# [Assignment]
Track down every line below that holds "order" and copy it.

# [Excerpted records]
BEGIN

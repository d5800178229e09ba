//! The bays of a run: opened, looked at, and put back.

ghost use Rattle.std.specs.Prelude.{◌≡◌, ◌⊎◌, ℕ, ◌^◌, ◌<◌, ◌≤◌, ◌++◌, [], ◌∷◌, length, slice_get, Some, IfOk, IfErr, OnOk};
ghost use Rattle.std.specs.VecDeque.{deque_capacity};
ghost use Rattle.lert_io.specs.Fault.{HasRisen};
ghost use Rattle.lert_place.specs.Openings.{AreReturned, AreReturnedSame, bay_refused, bays_opened};
ghost use Rattle.lert_spec.specs.declared.numbers.Numbers.{Numbers};
ghost use Rattle.lert_ingest.specs.Bays.{AreFresh, AreKept, AreLater, AreMarked};
ghost use Rattle.lert_top.specs.cones.Unmade.{IsUnmade};

use lert_bay::Bay;
use lert_cone::is_fresh;
use lert_ingest::Status;
use lert_io::Failed;
use lert_place::Place;
use std::alloc::Global;
use std::collections::VecDeque;

/// Opens the bays of so many cones in a directory, in ascending order. Where an opening fails, what was
/// opened is put back as it was, and the status is `PlaceFault`. The only other refusal is want of memory, before the
/// first opening.
pub fn open_bays<P: Place>(
    alloc: Global,
    place: &mut P,
    dir: &str,
    cones: u32,
) -> Result<VecDeque<P::Bay>, Status>
    requires none { P.handed_bays place.old ≡ [] }
    ensures opened { IfOk result (λ bays. P.handed_bays place.new ≡ bays.items) }
    ensures number { IfOk result (λ bays. length bays.items ≡ cones) }
    ensures room { IfOk result (λ bays. cones ≤ deque_capacity bays) }
    ensures marked { IfOk result (λ bays. AreMarked P.Bay.mark bays.items) }
    ensures asked { OnOk result (P.asked place.new ≡ P.asked place.old ++ bays_opened dir.now cones) }
    ensures refused { IfErr result (λ status. ((status ≡ Status.OutOfMemory) × (place.new ≡ place.old))
        ⊎ ((status ≡ Status.PlaceFault) × HasRisen (P.faults place.old) (P.faults place.new)
        × ((number : ℕ) × (number < cones) × (P.asked place.new ≡ P.asked place.old ++ (bays_opened dir.now number ++ bay_refused dir.now number ∷ [])))
        × AreReturned P.Bay.mark (P.handed_bays place.new) (P.returned_bay place.new)
        × AreReturnedSame (P.handed_bays place.new) (P.returned_bay place.new))) }
    ensures never_falls { P.faults place.old ≤ P.faults place.new }
    ensures traces { P.handed_traces place.new ≡ P.handed_traces place.old }
{
    let Ok(mut bays) = VecDeque::with_capacity(alloc, cones as usize) else {
        return Err(Status::OutOfMemory);
    };
    for cone in 0..cones {
        match place.open_bay(dir, cone) {
            Ok(bay) => bays.push_back_reserved(bay),
            Err(Failed) => {
                put_back_bays(place, bays);
                return Err(Status::PlaceFault);
            }
        }
    }
    Ok(bays)
}

/// Puts bays back that were handed out, each under its number.
pub fn put_back_bays<P: Place>(place: &mut P, mut bays: VecDeque<P::Bay>)
    requires small { length bays.items < 2 ^ 32 }
    requires handed { length bays.items ≡ length (P.handed_bays place.old) }
    requires marked { AreMarked P.Bay.mark bays.items }
    ensures returned { (cone : ℕ) → cone < length bays.items → P.returned_bay place.new cone ≡ slice_get bays.items cone }
    ensures returned_traces { (number : ℕ) → P.returned_trace place.new number ≡ P.returned_trace place.old number }
    ensures asked { P.asked place.new ≡ P.asked place.old }
    ensures traces { P.handed_traces place.new ≡ P.handed_traces place.old }
    ensures bays { P.handed_bays place.new ≡ P.handed_bays place.old }
    ensures faults { P.faults place.new ≡ P.faults place.old }
{
    while let Some(bay) = bays.pop_back() {
        place.put_back_bay(bays.len() as u32, bay);
    }
    bays.destroy_empty();
}

/// Looks whether the files of all bays are empty, in ascending order, up to the first that aren't. It changes none.
pub fn find_stale<B: Bay>(bays: &mut VecDeque<B>) -> Result<(), Status>
    requires small { length bays.old.items < 2 ^ 32 }
    ensures room { deque_capacity bays.new ≡ deque_capacity bays.old }
    ensures later { AreLater B.files B.faults B.mark bays.old.items bays.new.items }
    ensures fresh { OnOk result (AreFresh B.files bays.old.items) }
    ensures fresh_now { OnOk result (AreFresh B.files bays.new.items) }
    ensures kept { AreKept B.files bays.old.items bays.new.items }
    ensures unmade { IfErr result (λ status. (s : Numbers) → IsUnmade B.files B.faults s bays.old.items bays.new.items status) }
{
    for cone in 0..bays.len() {
        match is_fresh(&mut bays[cone]) {
            Ok(true) => {}
            Ok(false) => return Err(Status::NotFresh { cone: cone as u32 }),
            Err(Failed) => return Err(Status::BayFault { cone: cone as u32 }),
        }
    }
    Ok(())
}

END

# [Output for this exercise]
/// Opens the bays of so many cones in a directory, in ascending order. Where an opening fails, what was
/// Looks whether the files of all bays are empty, in ascending order, up to the first that aren't. It changes none.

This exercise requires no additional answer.